Kafamın İçinde Bir Senaryo Dönüp Duruyor

 

     Birkaç replik var aklımda. Bir adam var repliklerimi çalıyor. Neyse diyorum çok kuytu köşedeydi bu replik. Hem ben unutmuşum lafa girmeyi. Kafamda bir şarkı tutturmuşum gidiyorum. Beni köyümün yağmurlarında yıkasınlar. Bunu vasiyetime yazmak istiyorum. Beni götürün toprağıma demek istiyorum. Hayır bu benim mizansenim değil. Benim doğduğum yerde toprak yok. İstanbul'da betondan çok ne var? Toprak olan yerde doğanların sözü bunlar. Tunç olur kırmızı bir şeyler olur. Coğrafya dersim pek iyi değildi hâlâ bilmem toprak alüvyon mu oluyor yoksa toprağın taşınması mı alüvyon oluyor. Betona doğmuşum. Ne suçum var benim.

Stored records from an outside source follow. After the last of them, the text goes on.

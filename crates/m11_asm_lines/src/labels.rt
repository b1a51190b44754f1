//! What the labels of a line define, and their flags. (MACRO-11 Language Reference Manual, "Label field", "Local symbols" and "Multiple
//! definition of symbols".)

ghost use Rattle.std.specs.Prelude.{◌≡◌, IfOk, IfErr, Some, false};
ghost use Rattle.m11_asm_faults.specs.declared.fault.AsmFault.TheVariants.{NoMemory};
ghost use Rattle.m11_asm_rules.specs.Definitions.{is_defined};
ghost use Rattle.m11_asm_rules.specs.Labels as spec;
ghost use Rattle.m11_asm_rules.specs.Labels.{flag_M, kind_flags, key_flags, label_name, labels_flags, name_flags, with_key, with_label, with_labels, with_name};
ghost use Rattle.m11_asm_lines.specs.Faults.{HasTooMany, OverfillsFirst};
ghost use Rattle.m11_asm_lines.specs.Labels.{AreFlags, Defines, FitsUpToDefined};
ghost use Rattle.m11_asm_lines.specs.Moved.{moved_flags, moved_key, moved_kind, moved_name};
ghost use Rattle.m11_asm_rules.specs.declared.definitions.Key.TheVariants.{Named, Numbered};
ghost use Rattle.m11_scan.specs.Views.{bits_of};

use crate::moved::moved_flag;
use crate::pass::Pass;
use m11_asm_faults::AsmFault;
use m11_asm_rules::{Definition, Key, Map, Standing, Table};
use m11_base::Name;
use m11_scan::{ErrorFlags, Line, read_name};
use m11_scan_statements::{Label, LabelKind};

/// The flags of the labels of a line.
#[derive(Clone, Copy)]
pub struct LabelFlags {
    /// M if a label was defined before.
    pub doubly_defined: ErrorFlags,
    /// P if any other label isn't at its location in the map.
    pub moved: ErrorFlags,
}

impl LabelFlags {
    // The flags of a line without labels.
    fn none() -> LabelFlags
        ensures { AreFlags result 0 0 }
    {
        LabelFlags {
            doubly_defined: ErrorFlags::none(),
            moved: ErrorFlags::none(),
        }
    }

    // The flags of a label that was defined before.
    fn of_doubly_defined() -> LabelFlags
        ensures { AreFlags result flag_M 0 }
    {
        LabelFlags {
            doubly_defined: ErrorFlags::M,
            moved: ErrorFlags::none(),
        }
    }

    // The flags of a label that is defined here.
    fn of_new(moved: ErrorFlags) -> LabelFlags
        ensures { AreFlags result 0 (bits_of moved) }
    {
        LabelFlags {
            doubly_defined: ErrorFlags::none(),
            moved,
        }
    }
}

impl Pass {
    /// Defines the labels of a line, in order, and returns their flags. A label is flagged M if its name or local symbol was defined
    /// before. Any other is flagged P if its last definition in the map isn't a label at the location counter. A local label with a number
    /// out of range defines nothing, and gets neither flag.
    ///
    /// Errors: `TooManySymbols` if more than 4,096 names besides those of the registers, or more than 16,384 local symbols, would be
    /// defined, and `NoMemory`. If memory is refused at a label, the labels up to that one are within the limits.
    pub fn define_labels(
        &mut self,
        map: &Map<'_>,
        line: &Line,
        labels: &[Label],
    ) -> Result<LabelFlags, AsmFault>
        ensures defines { IfOk result (λ _. self.new ≡ with_labels line.now.text self.old labels.now) }
        ensures flags { IfOk result (λ flags. AreFlags flags (labels_flags line.now.text self.old labels.now)
            (moved_flags map.now line.now.text self.old labels.now)) }
        ensures refuses { IfErr result (λ fault. HasTooMany fault (with_labels line.now.text self.old labels.now)) }
        ensures limits_first { IfErr result (λ fault. fault ≡ NoMemory → FitsUpToDefined line.now.text labels.now self.old) }
    {
        match labels {
            [] => Ok(LabelFlags::none()),
            [label, others @ ..] => {
                let flags = self.define_label(map, line, label)?;
                let more = self.define_labels(map, line, others)?;
                Ok(LabelFlags {
                    doubly_defined: flags.doubly_defined.with(more.doubly_defined),
                    moved: flags.moved.with(more.moved),
                })
            }
        }
    }

    // Defines a label, and returns its flags; a local one with a number out of range defines nothing. The limit is checked before anything
    // grows. Errors: `TooManySymbols` and `NoMemory`.
    fn define_label(
        &mut self,
        map: &Map<'_>,
        line: &Line,
        label: &Label,
    ) -> Result<LabelFlags, AsmFault>
        ensures defines { IfOk result (λ _. self.new ≡ with_label line.now.text self.old label.now) }
        ensures flags { IfOk result (λ flags. AreFlags flags (kind_flags self.old (label_name line.now.text label.now) label.now.kind)
            (moved_kind map.now self.old (label_name line.now.text label.now) label.now.kind)) }
        ensures refuses { IfErr result (λ fault. OverfillsFirst fault (with_label line.now.text self.old label.now)) }
        ensures defined { IfErr result (λ _. Defines label.now) }
    {
        match label.kind {
            LabelKind::Ordinary => {
                self.define_name_of(map, read_name(label.name.text(line)), false)
            }
            LabelKind::Global => self.define_name_of(map, read_name(label.name.text(line)), true),
            LabelKind::Local(number) => self.define_local(map, number),
            LabelKind::Outside => Ok(LabelFlags::none()),
        }
    }

    // Defines a name as a label, and returns its flags. A new name begins a block of local symbols, and becomes global if `is_global` is
    // true; a defined one becomes doubly defined. Without a valid name nothing changes. Errors: `TooManySymbols` and `NoMemory`.
    fn define_name_of(
        &mut self,
        map: &Map<'_>,
        name: Option<Name>,
        is_global: bool,
    ) -> Result<LabelFlags, AsmFault>
        ensures defines { IfOk result (λ _. self.new ≡ with_name is_global self.old name) }
        ensures flags { IfOk result (λ flags. AreFlags flags (name_flags self.old name) (moved_name map.now self.old name)) }
        ensures refuses { IfErr result (λ fault. OverfillsFirst fault (with_name is_global self.old name)) }
    {
        self.counts_are_within_the_limits();
        match name {
            Some(name) if self.table.is_defined(&Key::Named(name)) => {
                self.double(&Key::Named(name))?;
                Ok(LabelFlags::of_doubly_defined())
            }
            Some(name) => {
                let moved = moved_flag(map, &self.table, &Key::Named(name));
                self.define_new_name(name, is_global)?;
                Ok(LabelFlags::of_new(moved))
            }
            None => Ok(LabelFlags::none()),
        }
    }

    // Defines a new name as a label, begins a block of local symbols, and makes the name global if `is_global` is true. Errors:
    // `TooManySymbols` and `NoMemory`.
    fn define_new_name(&mut self, name: Name, is_global: bool) -> Result<(), AsmFault>
        requires { is_defined (Named name) self.old.definitions ≡ false }
        ensures defines { IfOk result (λ _. self.new ≡ with_name is_global self.old (Some name)) }
        ensures refuses { IfErr result (λ fault. OverfillsFirst fault (with_name is_global self.old (Some name))) }
    {
        let definition = labelled(&self.table);
        self.define_name(name, definition)?;
        self.counts_are_within_the_limits();
        self.open_block();
        if is_global {
            self.export(name)?;
        }
        Ok(())
    }

    // Defines a local symbol in the current block as a label, and returns its flags; a defined one becomes doubly defined. Errors:
    // `TooManySymbols` and `NoMemory`.
    fn define_local(&mut self, map: &Map<'_>, number: u16) -> Result<LabelFlags, AsmFault>
        ensures defines { IfOk result (λ _. self.new ≡ with_key (Numbered self.old.modes.block number) self.old) }
        ensures flags { IfOk result (λ flags. AreFlags flags (key_flags self.old (Numbered self.old.modes.block number))
            (moved_key map.now self.old (Numbered self.old.modes.block number))) }
        ensures refuses { IfErr result (λ fault. OverfillsFirst fault (with_key (Numbered self.old.modes.block number) self.old)) }
    {
        self.counts_are_within_the_limits();
        let block = self.table.modes().block;
        let key = Key::Numbered(block, number);
        if self.table.is_defined(&key) {
            self.double(&key)?;
            Ok(LabelFlags::of_doubly_defined())
        } else {
            let moved = moved_flag(map, &self.table, &key);
            let definition = labelled(&self.table);
            self.define_symbol(block, number, definition)?;
            Ok(LabelFlags::of_new(moved))
        }
    }
}

// The definition of a label at the location counter.
fn labelled(table: &Table) -> Definition
    ensures { result ≡ spec.labelled table.now }
{
    Definition {
        standing: Standing::Known(table.location(), table.kind_here()),
        is_firm: true,
        label: Some(table.section_name()),
    }
}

Biriniz de çıkıp al kardeşim bak bu topraktır. Bak bu toprak bereketlidir. Bu toprağın özelliği şudur dokusu böyledir bak dokun demedi. Tekrar ediyorum bakınız elim ilk beton tutmuş. Anladık beton da beton demeyin sakın ama şunu diyin bir bitmedi betonarme karkas yapı malzemeleri işleri başkanlığı. Onlara bunu demekten çekinmeyin. 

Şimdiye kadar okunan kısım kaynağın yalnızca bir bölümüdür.